--- Working data ---
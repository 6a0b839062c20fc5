//! Turns and parks of the completion driver: a park is a turn that may wait for wakers of other threads in its middle.
ghost use Rattle.std.specs.Prelude.{◌≡◌, ◌+◌, [], false, length, Some, None, IfNone};
ghost use Rattle.machine.specs.declared.ledger.Event.TheVariants.{Turn};
ghost use Rattle.machine.specs.Step.{step};
ghost use Rattle.machine.specs.Ledger.{Ledger as Machine};
ghost use Rattle.wake_core.specs.WakerList.{IsInOrder};
ghost use Rattle.uring_driver.specs.Op.{KeepsRequests};
ghost use Rattle.uring_driver.specs.Stands.{StandsIfSteady};
ghost use Rattle.uring_driver.specs.Turned.{TurnMeets};
ghost use Rattle.uring_driver.specs.Parked.{DrainsFor, ParksFor};

use crate::uring::IoUringDriver;
use driver_core::{Driver, Parked, Turned};
use rent_buf::IoBufMut;
use ring_core::Ring;
use std::alloc::Global;
use std::sync::Wait;
use std::sync::ledger::Ledger;
use std::time::Clock;
use wake_core::{Sleeper, WakerList, Woken};

impl<R: Ring, B: IoBufMut + Drop> Driver for IoUringDriver<R, B> {
    ghost stands = { StandsIfSteady R.view B.buffer R.steady };

    ghost turned = { λ L. (step L Turn).0 };

    ghost turns = { λ old new turned. TurnMeets R.view B.buffer R.tells R.steady old new turned };

    ghost keeps = { KeepsRequests };

    ghost drains = { DrainsFor };

    ghost legacy = { false };

    /// Room is made once, for as many numbers as are ready, queued, due and to come by themselves. A list that names nobody stays with the
    /// driver: so a list takes memory only after a turn named somebody in it, or to grow. After Busy what is ready is treated. Where the
    /// slot of a dropped operation goes, the close of each handle that nobody holds any more joins what is pending; a later turn names it.
    /// (monoio: `submit`)
    fn submit(&mut self) -> Turned {
        match self.begin_turn() {
            Ok(begun) => self.end_turn(begun),
            Err(stop) => self.stop(stop),
        }
    }

    /// It comes to its wait exactly if its turn treats no completion and doesn't stop, and both drains give nothing. Where the turn stops
    /// with `RingFault` or `OutOfMemory`, the sleeper makes no step. After Busy it makes its steps and doesn't wait. (monoio: `park`)
    ///
    /// A completion that comes to the ring by itself meanwhile doesn't end the wait: the next turn treats it. So over a ring of which some
    /// are to come, give the wait a limit by `park_timeout`.
    fn park<P: Ledger, D: Ledger, T: Wait + Clock>(
        &mut self,
        rt: &T,
        sleeper: &mut Sleeper<P, D>,
    ) -> Parked
        ensures turns { TurnMeets R.view B.buffer R.tells R.steady self.old self.new result.turned }
        ensures keeps { KeepsRequests self.old self.new }
        ensures stands { IfNone result.turned.stop ((L : Machine) →
            StandsIfSteady R.view B.buffer R.steady self.old L → StandsIfSteady R.view B.buffer R.steady self.new (step L Turn).0) }
        ensures made { sleeper.new.made ≡ sleeper.old.made }
        ensures taken { sleeper.new.taken ≡ (sleeper.old.taken + length result.remote.first) + length result.remote.again }
        ensures order { IsInOrder result.remote.first × IsInOrder result.remote.again }
        ensures drains { DrainsFor result.turned.stop None sleeper.old sleeper.new result.remote }

        // It came to its wait exactly where its turn treated no completion, and nothing was drained.
        ensures parks { ParksFor R.view B.buffer R.tells R.steady None self.old self.new sleeper.new result }
    {
        park_for(rt, self, sleeper, None)
    }

    /// As `park`, with that limit handed to the wait. (monoio: `park_timeout`)
    fn park_timeout<P: Ledger, D: Ledger, T: Wait + Clock>(
        &mut self,
        rt: &T,
        sleeper: &mut Sleeper<P, D>,
        millis: u64,
    ) -> Parked
        ensures turns { TurnMeets R.view B.buffer R.tells R.steady self.old self.new result.turned }
        ensures keeps { KeepsRequests self.old self.new }
        ensures stands { IfNone result.turned.stop ((L : Machine) →
            StandsIfSteady R.view B.buffer R.steady self.old L → StandsIfSteady R.view B.buffer R.steady self.new (step L Turn).0) }
        ensures made { sleeper.new.made ≡ sleeper.old.made }
        ensures taken { sleeper.new.taken ≡ (sleeper.old.taken + length result.remote.first) + length result.remote.again }
        ensures order { IsInOrder result.remote.first × IsInOrder result.remote.again }
        ensures drains { DrainsFor result.turned.stop (Some millis) sleeper.old sleeper.new result.remote }

        // It came to its wait exactly where its turn treated no completion, and nothing was drained.
        ensures parks { ParksFor R.view B.buffer R.tells R.steady (Some millis) self.old self.new sleeper.new result }
    {
        park_for(rt, self, sleeper, Some(millis))
    }

    fn is_legacy(&self) -> bool {
        false
    }
}

// A turn with the sleeper's steps in its middle. They wait no longer than the limit, in milliseconds.
fn park_for<R: Ring, B: IoBufMut + Drop, P: Ledger, D: Ledger, T: Wait + Clock>(
    rt: &T,
    driver: &mut IoUringDriver<R, B>,
    sleeper: &mut Sleeper<P, D>,
    limit: Option<u64>,
) -> Parked
    ensures turns { TurnMeets R.view B.buffer R.tells R.steady driver.old driver.new result.turned }
    ensures keeps { KeepsRequests driver.old driver.new }
    ensures made { sleeper.new.made ≡ sleeper.old.made }
    ensures taken { sleeper.new.taken ≡ (sleeper.old.taken + length result.remote.first) + length result.remote.again }
    ensures order { IsInOrder result.remote.first × IsInOrder result.remote.again }
    ensures drains { DrainsFor result.turned.stop limit sleeper.old sleeper.new result.remote }
    ensures parks { ParksFor R.view B.buffer R.tells R.steady limit driver.old driver.new sleeper.new result }
{
    match driver.begin_turn() {
        Ok(begun) => {
            let ready = driver.is_ready(&begun);
            let remote = sleeper.park(rt, limit, ready);
            let turned = driver.end_turn(begun);
            Parked { remote, turned }
        }
        Err(stop) => {
            let remote = none_woken(driver.alloc());
            let turned = driver.stop(stop);
            Parked { remote, turned }
        }
    }
}

// Nothing drained. Takes no memory.
fn none_woken(alloc: Global) -> Woken
    ensures first { result.first ≡ [] }
    ensures again { result.again ≡ [] }
{
    Woken {
        first: WakerList::from_vec(Vec::new(alloc)),
        again: WakerList::from_vec(Vec::new(alloc)),
    }
}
---
In the entries above, find each line with the word "match" and show it.

*Solution*.
        match self.begin_turn() {
    match driver.begin_turn() {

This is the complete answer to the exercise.